First, for any sequence we can compute its longest increasing subsequence length. Second, for our chosen subsequence, we sum the weights of its elements. The goal is to pick a subsequence that is as “heavy” as possible in terms of weights, but with one restriction: its LIS length must be strictly smaller than the LIS length of the original sequence.
So we are not trying to minimize or compute LIS itself. We are forced to destroy at least one unit of LIS potential while keeping as much total weight as possible.
The constraints are small, with n up to 100. This immediately suggests that an O(n³) or even O(n⁴) approach might still pass, but the structure of LIS strongly hints that a more combinational dynamic programming solution exists.
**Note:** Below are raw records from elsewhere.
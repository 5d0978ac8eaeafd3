//! `replay --log --invariants`: whether the states of a log keep the invariants of its source.

ghost use Rattle.std.specs.Prelude.{◌≡◌, ◌⊎◌, ℕ, IfOk, IfErr, IfSome, IsErrOf};
ghost use Rattle.std.specs.Option.{option_copied};
ghost use Rattle.std.specs.String.{string_bytes};
ghost use Rattle.ioa_tree.specs.Hosts.{Hosted};
ghost use Rattle.ioa_compose.specs.Held.{composed_of};
ghost use Rattle.ioa_compose.specs.Simulates.{Simulates};
ghost use Rattle.ioa_compile.specs.Subjects.{of_hosts};
ghost use Rattle.ioa_device.specs.Devices.{BothPassUnless, FailsWhere, change};
ghost use Rattle.ioa_device.specs.declared.failure.LogErr.{LogErr};
ghost use Rattle.ioa_device.specs.Failing.{HasFailed};
ghost use Rattle.ioa_inspect.specs.Breaking.{broken_of};
ghost use Rattle.ioa_serving.specs.Failing.{BeginsFoundOf, IsInvariantFailure, IsNoLogOf, IsUnwritten};
ghost use Rattle.ioa_serving.specs.Headline.{IsInvariantReplay};
ghost use Rattle.ioa_serving.specs.Logs.{IsFoundInLog, broken_line, found_of};

use crate::compile::{compose_text, is_object};
use crate::failure::Failure;
use ioa_compose::Composition;
use ioa_device::{InputDevice, LogErr, OutputDevice, send_all};
use ioa_inspect::{Broken, inspect_log};
use ioa_system::End;
use ioa_value::OutOfMemory;
use std::alloc::Global;
use std::fmt::Write;

/// What is found where the invariants of a log's states are asked for.
#[derive(Clone, Copy, Debug, PartialEq, Eq)]
pub enum Finding {
    /// The first that is broken.
    Broken(Broken),
    /// None is broken, and the log ends so.
    Unbroken(End),
}

/// Replays a log in a composition of a source, both given as texts, and asks for the source's invariants in each of its states: where
/// the log is of the composition's run, writes the first invariant that is broken, or else what a replay of the log writes, and answers
/// which it is. The log is read and judged line by line.
///
/// # Errors
/// `SourceWanted` where the bytes are an object, which has no invariants; else as those of a replay of a log. They are found before a
/// broken invariant.
pub fn replay_invariants_text<R: InputDevice, W: OutputDevice>(
    alloc: Global,
    text: &[u8],
    composition: Option<&str>,
    input: &mut R,
    output: &mut W,
) -> Result<Finding, Failure>
    ensures replays { IfOk result (λ finding. IfSome (R.remaining input.old) (λ bytes.
        IsInvariantReplay text.now (option_copied composition.entry) bytes (found_of finding) (W.contents output.old) (W.contents output.new))) }
    ensures refused { IfErr result (λ e. IsInvariantFailure text.now (option_copied composition.entry) (R.remaining input.old)
        (HasFailed (R.failure_count input.old) (R.failure_count input.new) ⊎ HasFailed (W.failure_count output.old) (W.failure_count output.new)) e) }
    ensures unwritten { IfErr result (λ e. IsUnwritten (BeginsFoundOf text.now (option_copied composition.entry) (R.remaining input.old))
        (W.contents output.old) (W.contents output.new) e) }
    ensures devices { BothPassUnless (IsErrOf result (Failure.List LogErr.Io)) (change R.remaining R.failure_count input.old input.new) (change W.contents W.failure_count output.old output.new) }
{
    if is_object(text) {
        return Err(Failure::SourceWanted);
    }
    let composed = compose_text(alloc, text, composition)?;
    let (told, finding) = inspect(alloc, &composed, input)?;
    send_all(output, told.as_bytes())?;
    Ok(finding)
}

/// What is found in a log of the run of the hosts that the composition stands for, and the text that tells it.
fn inspect<R: InputDevice>(
    alloc: Global,
    composition: &Composition,
    input: &mut R,
) -> Result<(String, Finding), LogErr>
    ensures finds { IfOk result (λ told. (h : Hosted) → Simulates h (composed_of composition.now)
        → IfSome (R.remaining input.old) (λ bytes. IsFoundInLog h bytes (found_of told.1) (string_bytes told.0))) }
    ensures refused { IfErr result (λ e. (h : Hosted) → Simulates h (composed_of composition.now)
        → IfSome (R.remaining input.old) (λ bytes. IsNoLogOf e (of_hosts h) bytes)) }
    ensures devices { FailsWhere (IsErrOf result LogErr.Io) (change R.remaining R.failure_count input.old input.new) }
{
    let inspection = inspect_log(alloc, composition, input)?;
    match inspection.broken {
        Some(broken) => {
            let line = broken_text(alloc, broken)?;
            Ok((line, Finding::Broken(broken)))
        }
        None => {
            let replayed = inspection.replayed;
            Ok((replayed.text, Finding::Unbroken(replayed.end)))
        }
    }
}

/// A line with an invariant that is broken.
fn broken_text(alloc: Global, broken: Broken) -> Result<String, OutOfMemory>
    ensures { IfOk result (λ text. string_bytes text ≡ broken_line (broken_of broken)) }
{
    let Broken {
        state,
        component,
        invariant,
    } = broken;
    let mut text = String::new(alloc);
    writeln!(
        text,
        "invariant {invariant} of component {component} broken after {state}"
    )?;
    Ok(text)
}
Any solution that explicitly enumerates all subsequences is exponential and unnecessary here.
A subtle corner case appears when the original LIS is 1. In that case every subsequence has LIS at most 1, so the condition f(a′) < f(a) forces f(a′) = 0, which means the chosen subsequence must be empty, giving answer 0. This is a key edge case: without it, a naive solution might incorrectly allow non-empty subsequences when the original LIS is 1.
Another important scenario is when the sequence has many repeated values or is non-decreasing. In that case the LIS equals n, and we must ensure the chosen subsequence drops at least one step of strict increase. A naive “take all large weights” strategy can easily preserve the same LIS and violate the constraint.
Approaches
A brute-force approach would try every subsequence of the array. For each subsequence we compute its LIS and sum of weights. This is correct because it checks all valid candidates, but the number of subsequences is 2ⁿ, which is about 10⁹⁰ for n = 100, far beyond feasibility. Even computing LIS per subsequence in O(n²) does not help.
The key structural observation is that the LIS constraint depends only on relative ordering of values, while weight accumulation is independent of that structure. Instead of thinking in terms of subsequences, we flip the perspective: we decide how many elements we take of each value and ensure we do not preserve a full increasing chain of maximum possible length.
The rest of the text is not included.